### PROMPT
Of the lines below, report only those that contain "ActiveSlot".

### DATA SHOWN
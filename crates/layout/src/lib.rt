// The words of a runtime (specs/Layout): each field read where it lies, and stored there. Promises: what is read is the field of the runtime that
// the words are, whatever they hold; a store alters that field and nothing else. Rests on `cells` for the regions and on `rows` for the rows.
#![tactic(auto)]

ghost use Rattle.std.specs.Prelude.{◌<◌, ◌≡◌, get_or, set};
ghost use Rattle.model.specs.Records.{no_lease, no_active, no_capability, no_replay, no_receipt};
ghost use Rattle.rows.specs.Codes.{below};
ghost use Rattle.rows.specs.Rows.{falling_of, falling_words, Headed};
ghost use Rattle.runtime.specs.Kept.{emptied, idled};
ghost use Rattle.state.specs.State.{InBounds};
ghost use Rattle.layout.specs.Fields.{with_starting, with_waiting, with_numbers, with_cursor, with_slot, with_axis, with_why, with_falling, with_revoked, with_carrying, with_pending, with_fixed, with_index, with_rejected, with_others, with_leases, with_active, with_capabilities, with_replay, with_submission, with_request, with_renewal, with_submitted, with_slots, receipts_to};
ghost use Rattle.layout.specs.Layout.{Long, runtime_in, listing_in, Becomes, Lists};

use cells::{read, write};
use decide_start::Starting;
use format::{as_u8, capability_of, reason_number, renewal_of, request_of, submission_of};
use model::{
    ActiveSlot, Capability, LeaseRequest, LeaseSlot, Reason, Receipt, Renewal, ReplaySlot,
    Submission,
};
use receipts::Index;
use rows::{
    active_slot_of, active_slot_words, capability_row, carrying_of, carrying_words, falling_of,
    falling_words, fixed_of, fixed_words, held_below, index_of, index_words, lease_slot_of,
    lease_slot_words, numbers_of, numbers_words, pending_of, pending_words, reason_of, receipt_of,
    receipt_row, renewal_row, replay_slot_of, replay_slot_words, request_row, revoked_of,
    revoked_words, starting_of, starting_words, submission_row, waiting_of, waiting_words,
};
use state::{Carrying, Falling, Fixed, Numbers, Pending, Revoked, Waiting};

// look -------------------------------------------------------------------------------------------------------------------

pub fn waiting_in(state: &[u64]) -> Waiting
    requires { Long state.now }
    ensures { result ≡ (runtime_in state.now).waiting }
{
    waiting_of(read(state, 1))
}

pub fn numbers_in(state: &[u64]) -> Numbers
    requires { Long state.now }
    ensures { result ≡ (runtime_in state.now).numbers }
{
    numbers_of(read(state, 3))
}

pub fn falling_in(state: &[u64]) -> Falling
    requires { Long state.now }
    ensures { result ≡ (runtime_in state.now).falling }
{
    falling_of(read(state, 18))
}

pub fn revoked_in(state: &[u64]) -> Revoked
    requires { Long state.now }
    ensures { result ≡ (runtime_in state.now).revoked }
{
    revoked_of(read(state, 25))
}

pub fn carrying_in(state: &[u64]) -> Carrying
    requires { Long state.now }
    ensures { result ≡ (runtime_in state.now).carrying }
{
    carrying_of(read(state, 28))
}

pub fn pending_in(state: &[u64]) -> Pending
    requires { Long state.now }
    ensures { result ≡ (runtime_in state.now).pending }
{
    pending_of(read(state, 31))
}

pub fn starting_in(state: &[u64]) -> Starting
    requires { Long state.now }
    ensures { result ≡ (runtime_in state.now).starting }
{
    starting_of(read(state, 36))
}

pub fn fixed_in(state: &[u64]) -> Fixed
    requires { Long state.now }
    ensures { result ≡ (runtime_in state.now).fixed }
{
    fixed_of(read(state, 38))
}

pub fn index_in(state: &[u64]) -> Index
    requires { Long state.now }
    ensures { result ≡ (runtime_in state.now).places.index }
{
    index_of(read(state, 54))
}

pub fn submission_in(state: &[u64]) -> Submission
    requires { Long state.now }
    ensures { result ≡ (runtime_in state.now).submission }
{
    submission_of(read(state, 802))
}

pub fn request_in(state: &[u64]) -> LeaseRequest
    requires { Long state.now }
    ensures { result ≡ (runtime_in state.now).request }
{
    request_of(read(state, 818))
}

pub fn renewal_in(state: &[u64]) -> Renewal
    requires { Long state.now }
    ensures { result ≡ (runtime_in state.now).renewal }
{
    renewal_of(read(state, 828))
}

pub fn submitted_in(state: &[u64]) -> Receipt
    requires { Long state.now }
    ensures { result ≡ (runtime_in state.now).submitted }
{
    receipt_of(read(state, 834))
}

pub fn cursor_in(state: &[u64]) -> usize
    requires { Long state.now }
    ensures { (result ≡ (runtime_in state.now).cursor) × (result < 32) }
{
    held_below(32, state[14]) as usize
}

pub fn slot_in(state: &[u64]) -> usize
    requires { Long state.now }
    ensures { (result ≡ (runtime_in state.now).slot) × (result < 65) }
{
    held_below(65, state[15]) as usize
}

pub fn axis_in(state: &[u64]) -> u8
    requires { Long state.now }
    ensures { result ≡ (runtime_in state.now).axis }
{
    as_u8(state[16])
}

pub fn reason_in(state: &[u64]) -> Reason
    requires { Long state.now }
    ensures { result ≡ (runtime_in state.now).why.reason }
{
    reason_of(state[17])
}

pub fn lease_at(state: &[u64], at: usize) -> LeaseSlot
    requires { Long state.now × (at < 9) }
    ensures { result ≡ get_or (runtime_in state.now).leases at no_lease }
{
    lease_slot_of(read(state, 189 + at * 12))
}

pub fn active_at(state: &[u64], at: usize) -> ActiveSlot
    requires { Long state.now × (at < 9) }
    ensures { result ≡ get_or (runtime_in state.now).active at no_active }
{
    active_slot_of(read(state, 297 + at * 15))
}

pub fn capability_at(state: &[u64], at: usize) -> Capability
    requires { Long state.now × (at < 17) }
    ensures { result ≡ get_or (runtime_in state.now).capabilities at no_capability }
{
    capability_of(read(state, 432 + at * 14))
}

pub fn entry_at(state: &[u64], at: usize) -> ReplaySlot
    requires { Long state.now × (at < 33) }
    ensures { result ≡ get_or (runtime_in state.now).replay at no_replay }
{
    replay_slot_of(read(state, 670 + at * 4))
}

pub fn receipt_at(state: &[u64], at: usize) -> Receipt
    requires { Long state.now × (at < 65) }
    ensures { result ≡ get_or (runtime_in state.now).slots at no_receipt }
{
    receipt_of(read(state, 855 + at * 21))
}

pub fn rejected_at(state: &[u64], at: usize) -> u8
    requires { Long state.now × (at < 65) }
    ensures { result ≡ get_or (runtime_in state.now).places.rejected at 0 }
{
    as_u8(state[59 + at])
}

pub fn others_at(state: &[u64], at: usize) -> u8
    requires { Long state.now × (at < 65) }
    ensures { result ≡ get_or (runtime_in state.now).places.others at 0 }
{
    as_u8(state[124 + at])
}

// store ------------------------------------------------------------------------------------------------------------------

pub fn put_waiting(state: &mut [u64], waiting: Waiting)
    requires { Long state.old }
    ensures { Becomes state.old state.new (with_waiting waiting (runtime_in state.old)) }
{
    let words = waiting_words(waiting);
    write(state, 1, &words);
}

pub fn put_numbers(state: &mut [u64], numbers: Numbers)
    requires { Long state.old }
    ensures { Becomes state.old state.new (with_numbers numbers (runtime_in state.old)) }
{
    let words = numbers_words(numbers);
    write(state, 3, &words);
}

pub fn put_revoked(state: &mut [u64], revoked: Revoked)
    requires { Long state.old }
    ensures { Becomes state.old state.new (with_revoked revoked (runtime_in state.old)) }
{
    let words = revoked_words(revoked);
    write(state, 25, &words);
}

pub fn put_pending(state: &mut [u64], pending: Pending)
    requires { Long state.old }
    ensures { Becomes state.old state.new (with_pending pending (runtime_in state.old)) }
{
    let words = pending_words(pending);
    write(state, 31, &words);
}

pub fn put_starting(state: &mut [u64], starting: Starting)
    requires { Long state.old }
    ensures { Becomes state.old state.new (with_starting starting (runtime_in state.old)) }
{
    let words = starting_words(starting);
    write(state, 36, &words);
}

pub fn put_index(state: &mut [u64], index: Index)
    requires { Long state.old × Headed index }
    ensures { Becomes state.old state.new (with_index index (runtime_in state.old)) }
{
    let words = index_words(index);
    write(state, 54, &words);
}

pub fn put_submission(state: &mut [u64], submission: Submission)
    requires { Long state.old }
    ensures { Becomes state.old state.new (with_submission submission (runtime_in state.old)) }
{
    let words = submission_row(submission);
    write(state, 802, &words);
}

pub fn put_request(state: &mut [u64], request: LeaseRequest)
    requires { Long state.old }
    ensures { Becomes state.old state.new (with_request request (runtime_in state.old)) }
{
    let words = request_row(request);
    write(state, 818, &words);
}

pub fn put_renewal(state: &mut [u64], renewal: Renewal)
    requires { Long state.old }
    ensures { Becomes state.old state.new (with_renewal renewal (runtime_in state.old)) }
{
    let words = renewal_row(renewal);
    write(state, 828, &words);
}

pub fn put_submitted(state: &mut [u64], receipt: Receipt)
    requires { Long state.old }
    ensures { Becomes state.old state.new (with_submitted receipt (runtime_in state.old)) }
{
    let words = receipt_row(receipt);
    write(state, 834, &words);
}

pub fn put_carrying(state: &mut [u64], carrying: Carrying)
    requires { Long state.old × (carrying.at < 17) }
    ensures { Becomes state.old state.new (with_carrying carrying (runtime_in state.old)) }
{
    let words = carrying_words(carrying);
    write(state, 28, &words);
}

pub fn put_fixed(state: &mut [u64], fixed: Fixed)
    requires { Long state.old × (fixed.count < 17) }
    ensures { Becomes state.old state.new (with_fixed fixed (runtime_in state.old)) }
{
    let words = fixed_words(fixed);
    write(state, 38, &words);
}

// An axis that is none is read back as 0.
pub fn put_falling(state: &mut [u64], falling: Falling)
    requires { Long state.old }
    ensures becomes { Becomes state.old state.new (with_falling (falling_of (falling_words falling)) (runtime_in state.old)) }
    ensures falling_value { InBounds falling → falling_of (falling_words falling) ≡ falling }
{
    let words = falling_words(falling);
    write(state, 18, &words);
}

pub fn put_next_receipt(state: &mut [u64], next_receipt: u64)
    requires { Long state.old }
    ensures { Becomes state.old state.new (with_numbers (receipts_to next_receipt (runtime_in state.old).numbers) (runtime_in state.old)) }
{
    state[3] = next_receipt;
}

pub fn put_cursor(state: &mut [u64], cursor: usize)
    requires { Long state.old }
    ensures { Becomes state.old state.new (with_cursor (below 32 cursor) (runtime_in state.old)) }
{
    state[14] = cursor as u64;
}

pub fn put_slot(state: &mut [u64], slot: usize)
    requires { Long state.old }
    ensures { Becomes state.old state.new (with_slot (below 65 slot) (runtime_in state.old)) }
{
    state[15] = slot as u64;
}

pub fn put_axis(state: &mut [u64], axis: u8)
    requires { Long state.old }
    ensures { Becomes state.old state.new (with_axis axis (runtime_in state.old)) }
{
    state[16] = axis as u64;
}

pub fn put_reason(state: &mut [u64], reason: Reason)
    requires { Long state.old }
    ensures { Becomes state.old state.new (with_why (record { reason = reason }) (runtime_in state.old)) }
{
    state[17] = reason_number(reason);
}

pub fn put_lease(state: &mut [u64], at: usize, slot: LeaseSlot)
    requires { Long state.old × (at < 9) }
    ensures { Becomes state.old state.new (with_leases (set (runtime_in state.old).leases at slot) (runtime_in state.old)) }
{
    let words = lease_slot_words(slot);
    write(state, 189 + at * 12, &words);
}

pub fn put_active(state: &mut [u64], at: usize, slot: ActiveSlot)
    requires { Long state.old × (at < 9) }
    ensures { Becomes state.old state.new (with_active (set (runtime_in state.old).active at slot) (runtime_in state.old)) }
{
    let words = active_slot_words(slot);
    write(state, 297 + at * 15, &words);
}

pub fn put_entry(state: &mut [u64], at: usize, slot: ReplaySlot)
    requires { Long state.old × (at < 33) }
    ensures { Becomes state.old state.new (with_replay (set (runtime_in state.old).replay at slot) (runtime_in state.old)) }
{
    let words = replay_slot_words(slot);
    write(state, 670 + at * 4, &words);
}

pub fn put_receipt(state: &mut [u64], at: usize, receipt: Receipt)
    requires { Long state.old × (at < 65) }
    ensures { Becomes state.old state.new (with_slots (set (runtime_in state.old).slots at receipt) (runtime_in state.old)) }
{
    let words = receipt_row(receipt);
    write(state, 855 + at * 21, &words);
}

pub fn put_capability(state: &mut [u64], at: usize, capability: Capability)
    requires { Long state.old × (at < 17) }
    ensures { Becomes state.old state.new (with_capabilities (set (runtime_in state.old).capabilities at capability) (runtime_in state.old)) }
{
    let words = capability_row(0, capability);
    write(state, 432 + at * 14, &words);
}

pub fn put_rejected(state: &mut [u64], at: usize, slot: u8)
    requires { Long state.old × (at < 65) }
    ensures { Becomes state.old state.new (with_rejected (set (runtime_in state.old).places.rejected at slot) (runtime_in state.old)) }
{
    state[59 + at] = slot as u64;
}

pub fn put_others(state: &mut [u64], at: usize, slot: u8)
    requires { Long state.old × (at < 65) }
    ensures { Becomes state.old state.new (with_others (set (runtime_in state.old).places.others at slot) (runtime_in state.old)) }
{
    state[124 + at] = slot as u64;
}

// A lease or an order taken from its axis: what stood there stays, unseen.
pub fn clear_lease(state: &mut [u64], at: usize)
    requires { Long state.old × (at < 9) }
    ensures { Becomes state.old state.new (with_leases (set (runtime_in state.old).leases at (emptied (get_or (runtime_in state.old).leases at no_lease))) (runtime_in state.old)) }
{
    state[189 + at * 12] = 0;
}

pub fn clear_active(state: &mut [u64], at: usize)
    requires { Long state.old × (at < 9) }
    ensures { Becomes state.old state.new (with_active (set (runtime_in state.old).active at (idled (get_or (runtime_in state.old).active at no_active))) (runtime_in state.old)) }
{
    state[297 + at * 15] = 0;
}

// The receipt in a slot, kept to be answered.
pub fn keep_receipt(state: &mut [u64], at: usize)
    requires { Long state.old × (at < 65) }
    ensures { Becomes state.old state.new (with_submitted (get_or (runtime_in state.old).slots at no_receipt) (runtime_in state.old)) }
{
    let words = read(state, 855 + at * 21);
    put_submitted(state, receipt_of(words));
}

// what is listed for the next start ---------------------------------------------------------------------------------------

// 17 stands for more than 16.
pub fn listed_count(state: &[u64]) -> usize
    requires { Long state.now }
    ensures { (result ≡ (listing_in state.now).count) × (result < 18) }
{
    held_below(18, state[2220]) as usize
}

pub fn listed_at(state: &[u64], at: usize) -> Capability
    requires { Long state.now × (at < 17) }
    ensures { result ≡ get_or (listing_in state.now).records at no_capability }
{
    capability_of(read(state, 2221 + at * 14))
}

pub fn put_listed(state: &mut [u64], at: usize, capability: Capability)
    requires { Long state.old × (at < 17) }
    ensures { Lists state.old state.new (record { records = set (listing_in state.old).records at capability; count = (listing_in state.old).count }) }
{
    let words = capability_row(0, capability);
    write(state, 2221 + at * 14, &words);
}

pub fn put_listed_count(state: &mut [u64], count: usize)
    requires { Long state.old × (count < 18) }
    ensures { Lists state.old state.new (record { records = (listing_in state.old).records; count = count }) }
{
    state[2220] = count as u64;
}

### RESPONSE
    ActiveSlot, Capability, LeaseRequest, LeaseSlot, Reason, Receipt, Renewal, ReplaySlot,
pub fn active_at(state: &[u64], at: usize) -> ActiveSlot
pub fn put_active(state: &mut [u64], at: usize, slot: ActiveSlot)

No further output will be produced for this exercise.